I agree with you and about the name: config , I think that is great too, our need is exactly what you said, but your other answer make me a bigger question, what will happen if we pass ttl: 0 and limit 0 to global config? I mean if the guard only passes cause of 0 then there is a little bit shitty but solution to our problem even now, right?

jmcdo29 commented 6 months ago

The idea I suggested was just to make sure that there was a default config so that the @Throttle() override properly works. So long as the guard is not applied to any routes without the @Throttle() then the point is moot,. If it is, you'll find out pretty quickly :smile:

mukunda- commented 1 month ago

It took me an hour to realize that I need to have a default config block, even if I'm not using it. I'd say it should have a default if not specified.

dominic-schmid commented 1 month ago

So, I'm not sure if I'm just doing something wrong but:

How would I mark only certain routes to be throttled then? @Throttle({ long: { limit: 5, ttl: 60000 } })

mukunda- commented 1 month ago

@dominic-schmid currently it would be like this:

  1. import throttler with a default configuration provided
  2. mark your route with the @Throttle line and a @UseGuards(ThrottlerGuard)

For all routes to be affected, there is another way to apply the ThrottlerGuard globally. Otherwise, it is only going to affect specific routes marked with the ThrottlerGuard.

This issue is concerning step 1 - it would be better if there was a preconfigured "default" rather than needing to specify a dummy configuration if you are using custom limit/ttl for each route.

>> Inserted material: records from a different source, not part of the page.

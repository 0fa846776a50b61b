//! What variables stand for while formulas are walked.
ghost use Rattle.std.specs.Prelude.{◌≡◌, ℕ, slice_get, OnOk};
ghost use Rattle.cc_defs.specs.Satisfaction.{bind as bind_in};
ghost use Rattle.cc_ground.specs.Bindings.{BindingsView, bound_over, environment_of, no_bindings, with_bound, with_value};

use cc_defs::OutOfMemory;
use std::alloc::Global;
use std::marker::Model;

/// The values of a law's variables, by number, and what the brackets around bind, the innermost last: a variable, and the
/// object that it stands for.
#[derive(Drop)]
pub(crate) struct Bindings {
    values: Vec<u32>,
    bound: Vec<(u32, u32)>,
}

impl Model for Bindings {
    ghost use Rattle.cc_ground.specs.Bindings.{BindingsView};

    ghost Value = { BindingsView };

    ghost view = { λ value. record { values = value.values.items; bound = value.bound.items } };
}

/// The value of a variable of a law.
fn given(values: &[u32], variable: u32) -> Option<u32>
    ensures { result ≡ slice_get values.now variable }
{
    values.get(variable as usize).copied()
}

impl Bindings {
    /// No variable stands for anything.
    pub(crate) fn new(alloc: Global) -> Bindings
        ensures { result ≡ no_bindings }
    {
        Bindings {
            values: Vec::new(alloc),
            bound: Vec::new(alloc),
        }
    }

    /// What a variable stands for: what the innermost bracket gives it that binds it, or else its value in the law.
    pub(crate) fn value(&self, variable: u32) -> Option<u32>
        ensures { result ≡ environment_of self.now variable }
    {
        let mut left = self.bound.as_slice();
        while let Some((last, others)) = left.split_last() {
            if variable == last.0 {
                return Some(last.1);
            }
            left = others;
        }
        given(&self.values, variable)
    }

    /// One more variable of the law has a value.
    pub(crate) fn give(&mut self, value: u32) -> Result<(), OutOfMemory>
        ensures { OnOk result (self.new ≡ with_value value self.old) }
    {
        self.values.push(value)?;
        Ok(())
    }

    /// The last variable of the law that has a value has none.
    pub(crate) fn take_back(&mut self)
        ensures { (value : ℕ) (before : BindingsView) →
            self.old ≡ with_value value before → self.new ≡ before }
    {
        self.values.pop();
    }

    /// A bracket binds a variable to an object.
    pub(crate) fn bind(&mut self, variable: u32, object: u32) -> Result<(), OutOfMemory>
        ensures bound { OnOk result (self.new ≡ with_bound variable object self.old) }
        ensures binds { OnOk result
            (environment_of self.new ≡ bind_in variable object (environment_of self.old)) }
    {
        self.bound.push((variable, object))?;
        Ok(())
    }

    /// The innermost bracket is left.
    pub(crate) fn unbind(&mut self)
        ensures { (variable object : ℕ) (before : BindingsView) →
            self.old ≡ with_bound variable object before → self.new ≡ before }
    {
        self.bound.pop();
    }
}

jvvcn commented 1 month ago

Having same problem - I do use module with default configuration, however there are routes that I would like to use different rate limit that is defined in module. Currently I cannot do it without overriding default configurations... Any ideas how to workaround it?

jmcdo29 commented 4 weeks ago

Having same problem - I do use module with default configuration, however there are routes that I would like to use different rate limit that is defined in module. Currently I cannot do it without overriding default configurations... Any ideas how to workaround it?

@jvvcn that's kind of the idea of what should be done. Is there something you'd rather be able to do?